Differential branching fraction and angular analysis of $\Lambda^{0}_{b} \rightarrow \Lambda \mu^+\mu^-$ decays

Abstract

The differential branching fraction of the rare decay $\Lambda^{0}_{b} \rightarrow \Lambda \mu^+\mu^-$ is measured as a function of $q^{2}$, the square of the dimuon invariant mass. The analysis is performed using proton-proton collision data, corresponding to an integrated luminosity of $3.0 \mbox{ fb}^{-1}$, collected by the LHCb experiment. Evidence of signal is observed in the $q^2$ region below the square of the $J/\psi$ mass.
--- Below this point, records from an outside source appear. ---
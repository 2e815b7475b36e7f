// The log of a volume: records of changes, the links between those of a cell, and what can be found along them.
#![tactic(auto)]

pub mod append;
pub mod faults;
pub mod log;
pub mod record;
pub mod walk;
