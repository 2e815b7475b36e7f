// The log over memory that is lent.
ghost use Rattle.std.specs.Prelude.{◌≡◌, length, nat_lt, slice_set};
ghost use Rattle.journal.specs.Appends.{planned};
ghost use Rattle.journal.specs.Spans.{spanned};

use crate::faults::LadderFault;
use crate::record::{Record, place_of};
use crate::walk::{Chain, Stretch};
use kind::Kind;

// The records of a volume, with changes of type C. How many are written, the caller knows.
#[derive(Drop)]
pub struct Log<'a, C> {
    records: &'a mut [Record<C>],
}

impl<'a, C: Copy> Log<'a, C> {
    pub fn new(records: &'a mut [Record<C>]) -> Log<'a, C>
        ensures holds { result.records.now ≡ records.old }
        ensures same { result.records.ghost_name ≡ records.entry.ghost_name }
    {
        Log { records }
    }

    // How many records the log can hold.
    pub fn capacity(&self) -> usize
        ensures { result ≡ length self.now.records.now }
    {
        self.records.len()
    }

    // The records, linked for a cell with this head.
    pub fn chain<K: Kind<Change = C>>(&self, cell: u16, head: u32) -> Chain<'_, K>
        ensures records { result.records.now ≡ self.now.records.now }
        ensures cell { result.cell ≡ cell }
        ensures head { result.head ≡ head }
    {
        Chain {
            records: self.records,
            cell,
            head,
        }
    }

    // The change of a cell from moment `a` to moment `b`, and the steps that were taken; for a caller that has numbers, and no chain.
    pub fn span<K: Kind<Change = C>>(
        &self,
        count: u32,
        head: u32,
        cell: u16,
        a: u32,
        b: u32,
    ) -> Result<Stretch<C>, LadderFault>
        ensures { result ≡ spanned K.Kind.model self.now.records.now count head cell a b }
    {
        self.chain::<K>(cell, head).span(count, a, b)
    }

    // Record `number`, which logs the change of a cell with this head; it is not yet written. By numbers too.
    #[inline(always)]
    pub fn next_record<K: Kind<Change = C>>(
        &self,
        number: u32,
        head: u32,
        cell: u16,
        change: &C,
    ) -> Result<Record<C>, LadderFault>
        ensures { result ≡ planned K.Kind.model self.now.records.now number head cell change.now }
    {
        self.chain::<K>(cell, head).next_record(number, change)
    }

    // Lays `r` down as record `count` + 1, and answers whether it fits; where it does not, nothing changes. In this crate and in
    // `volume` nothing else writes a record. A `bool`, no plainer as an error: whether it fits is a value that clauses name.
    #[inline(always)]
    pub fn append(&mut self, count: u32, r: Record<C>) -> bool
        ensures answer { result ≡ nat_lt count (length self.old.records.now) }
        ensures after { self.new.records.now ≡ slice_set self.old.records.now count r }
        ensures same { self.new.records.ghost_name ≡ self.old.records.ghost_name }
    {
        let place = place_of(count as usize + 1);
        if place >= self.capacity() {
            return false;
        }
        self.records[place] = r;
        true
    }
}
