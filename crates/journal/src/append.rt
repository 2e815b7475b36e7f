// The record that logs one more change of a cell.
ghost use Rattle.std.specs.Prelude.{◌≡◌, ◌<◌, ◌≤◌, length};
ghost use Rattle.journal.specs.Appends.{lone, joined, over, planned};

use crate::faults::LadderFault;
use crate::record::Record;
use crate::walk::{Chain, newest_number};
use kind::Kind;

// The highest length that a record may have.
const LENGTH_LIMIT: u64 = 65535;

// A record that reaches over itself alone.
#[inline(always)]
fn lone_record<C: Copy>(cell: u16, number: u32, next: u32, change: &C) -> Record<C>
    ensures { result ≡ lone cell number next change.now }
{
    Record {
        cell,
        next,
        skip: next,
        length: 1,
        foot: number,
        change: *change,
        fold: *change,
    }
}

impl<'a, K: Kind> Chain<'a, K> {
    // A record that reaches over p, which is record `next`, and over q, which p skips to: parts that come together here alone.
    #[inline(always)]
    fn joined_record(
        &self,
        next: u32,
        p: &Record<K::Change>,
        q: &Record<K::Change>,
        change: &K::Change,
    ) -> Result<Record<K::Change>, LadderFault>
        ensures { result ≡ joined K.Kind.model self.now.cell next p.now q.now change.now }
    {
        let length = 1 + p.length as u64 + q.length as u64;
        if length > LENGTH_LIMIT {
            return Err(LadderFault::Length {
                cell: self.cell,
                record: next,
            });
        }
        Ok(Record {
            cell: self.cell,
            next,
            skip: q.skip,
            length: length as u32,
            foot: q.foot,
            change: *change,
            fold: K::then(&K::then(&q.fold, &p.fold), change),
        })
    }

    // Record `number`, on top of record `next`: joined to p and q where their lengths are equal.
    #[inline(always)]
    fn record_over(
        &self,
        number: u32,
        next: u32,
        change: &K::Change,
    ) -> Result<Record<K::Change>, LadderFault>
        requires { (0 < next) × (next ≤ length self.now.records.now) }
        ensures { result ≡ over K.Kind.model self.now.records.now number next self.now.cell change.now }
    {
        let p = self.record(next);
        let second = self.follow_link(next - 1, next, p.skip)?;
        if second == 0 {
            return Ok(lone_record(self.cell, number, next, change));
        }
        let q = self.record(second);
        if p.length != q.length {
            return Ok(lone_record(self.cell, number, next, change));
        }
        self.joined_record(next, p, q, change)
    }

    // Record `number`, which logs the change of a cell with this head; the records below it are those that are written.
    #[inline(always)]
    pub fn next_record(
        &self,
        number: u32,
        change: &K::Change,
    ) -> Result<Record<K::Change>, LadderFault>
        ensures { result ≡ planned K.Kind.model self.now.records.now number self.now.head self.now.cell change.now }
    {
        let newest = newest_number(self.records, number.saturating_sub(1));
        let next = self.follow_link(newest, 0, self.head)?;
        if next == 0 {
            return Ok(lone_record(self.cell, number, next, change));
        }
        self.record_over(number, next, change)
    }
}
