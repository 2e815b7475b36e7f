// What is found wrong with the links of a cell.
use thiserror::Error;

// A link: its cell and the record that holds it, 0 for the head. A length that would pass 65,535: the cell and the record below the new one.
// A cell number that is too high: the record that has it.
#[derive(Clone, Copy, Debug, PartialEq, Eq, Error)]
pub enum LadderFault {
    #[error("cell {cell}, record {record} (bad link)")]
    Link { cell: u16, record: u32 },
    #[error("cell {cell}, length at record {record} (length above 65535)")]
    Length { cell: u16, record: u32 },
    #[error("cell number at record {record} (cell number too high)")]
    Cell { record: u32 },
}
Integrating over $15 < q^{2} < 20 \mbox{ GeV}^2/c^4$ the branching fraction is measured as $d\mathcal{B}(\Lambda^{0}_{b} \rightarrow \Lambda \mu^+\mu^-)/dq^2 = (1.18 ^{+0.09} _{-0.08} \pm 0.03 \pm 0.27) \times 10^{-7} ( \mbox{GeV}^{2}/c^{4})^{-1}$, where the uncertainties are statistical, systematic and due to the normalisation mode, $\Lambda^{0}_{b} \rightarrow J/\psi \Lambda$, respectively. In the $q^2$ intervals where the signal is observed, angular distributions are studied and the forward-backward asymmetries in the dimuon ($A^{l}_{\rm FB}$) and hadron ($A^{h}_{\rm FB}$) systems are measured for the first time. In the range $15 < q^2 < 20 \mbox{ GeV}^2/c^4$ they are found to be $A^{l}_{\rm FB} = -0.05 \pm 0.09 \mbox{ (stat)} \pm 0.03 \mbox{ (syst)}$ and $A^{h}_{\rm FB} = -0.29 \pm 0.07 \mbox{ (stat)} \pm 0.03 \mbox{ (syst)}$.